Ich bin momentan familienversichert, dank meiner Mutter; aber das geht ja auch nur bis ich 23 bin. Aber als Synchronsprecher springt man ja prinzipiell von Job zu Job, und ein massiver Großteil and Sprechern ist selbstständig... Meine Frage ist also, was passiert mit einem als selbstständiger Synchronsprecher? Werde ich mein Insulin und meine FreeStyle Libre Sensoren selber bezahlen müssen? Ich habe keine Ahnung wie das alles mit der Krankenkasse funktioniert, weil uns das in der Schule nie beigebracht wird und ich nichtmal weiß, an wen ich mich wenden muss um darüber zu lernen. Jegliche Tipps und Informationen sind willkommen.
Vielen Dank! -
am 11.03.2024 07:04:54 | IP (Hash): 447087393
Hallo,
als Selbstständiger kannst Du dich freiwillig gesetzlich krankenversichern.
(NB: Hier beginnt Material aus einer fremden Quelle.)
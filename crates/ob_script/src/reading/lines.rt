ghost use Rattle.std.specs.Prelude.{◌≡◌, ◌<◌, ◌≤◌, ◌∷◌, drop, length, slice_index};
ghost use Rattle.std.specs.Prelude.{◌==◌};
ghost use Rattle.std.specs.List.{position, position_or_len};
ghost use Rattle.ob_script.specs.Reading.{lines_of, words_of, words_after};

/// The first line of a script that is not empty, and how many bytes it takes with the byte 10 that ends it.
pub fn first_line(script: &[u8]) -> (&[u8], usize)
    requires { 0 < length script.now }
    ensures lines { lines_of script.now ≡ result.0.now ∷ lines_of (drop result.1 script.now) }
    ensures some { 0 < result.1 }
    ensures within { result.1 ≤ length script.now }
{
    let end = index_or_len(script, b'\n');
    if end == script.len() {
        return (script, end);
    }
    (&script[..end], end + 1)
}

/// The first word of a piece of a line, and what follows the word, from the space on.
pub fn first_word(piece: &[u8]) -> (&[u8], &[u8])
    ensures words { words_of piece.now ≡ result.0.now ∷ words_after result.1.now }
    ensures space { 0 < length result.1.now → slice_index result.1.now 0 ≡ 32 }
    ensures within { length result.1.now ≤ length piece.now }
{
    let end = index_or_len(piece, b' ');
    piece.split_at(end)
}

/// The place of the first such byte, or the number of bytes if there is none.
pub fn index_or_len(bytes: &[u8], byte: u8) -> usize
    ensures place { result ≡ position_or_len (λ b. b == byte) bytes.now }
    ensures within { result ≤ length bytes.now }
{
    match find_byte(bytes, byte) {
        Some(place) => place,
        None => bytes.len(),
    }
}

/// The place of the first such byte, if there is one.
fn find_byte(bytes: &[u8], byte: u8) -> Option<usize>
    ensures { result ≡ position (λ b. b == byte) bytes.now }
{
    bytes.iter().position(|b| *b == byte)
}
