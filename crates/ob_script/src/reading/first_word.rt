ghost use Rattle.std.specs.Prelude.{◌≡◌, ◌≤◌, length, slice_index};
ghost use Rattle.ob_script.specs.Reading.{AreWithin, Table};

use crate::reading::range::Range;

/// The first word of a script line: it says which numbers follow, and what the line asks.
pub trait FirstWord: Copy + 'static {
    /// What a line of such a script asks.
    type Line;

    /// The table of the lines.
    ghost table: { Table Self Self.Line };

    /// The words that there are.
    fn all() -> &'static [Self]
        ensures { result.now ≡ table.words };

    /// How a script writes the word.
    fn text(self) -> &'static [u8]
        ensures { result.now ≡ (table.kind_of self).text };

    /// The ranges of the numbers that follow the word.
    fn ranges(self) -> &'static [Range]
        ensures value { result.now ≡ (table.kind_of self).ranges }
        ensures few { length result.now ≤ 3 };

    /// What a line with this first word asks, by its numbers, or nothing if they do not fit one another.
    fn line(self, numbers: [u64; 3]) -> Option<Self::Line>
        requires { AreWithin (table.kind_of self).ranges numbers }
        ensures { result ≡ (table.kind_of self).asked (λ place. slice_index numbers place) };
}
Ist aber leider wahnsinnig teuer, weil du meines Wissens den Maximalbeitrag bezahlen musst und dabei sowohl den Arbeitnehmer als auch den Arbeitgeber-Anteil. Sind dann über 800 Euro.
Eine privat Krankenversicherung wird dich wahrscheinlich nicht nehmen, oder durch Risikozuschläge ähnlich teuer werden.
Besser wäre es, wenn dich der jeweilige Arbeitgeber einstellen würde und du gesetzlich krankenversichert wärst.
Aber vielleicht hat hier jemand noch andere Informationen - meine sind schon etwas angestaubt...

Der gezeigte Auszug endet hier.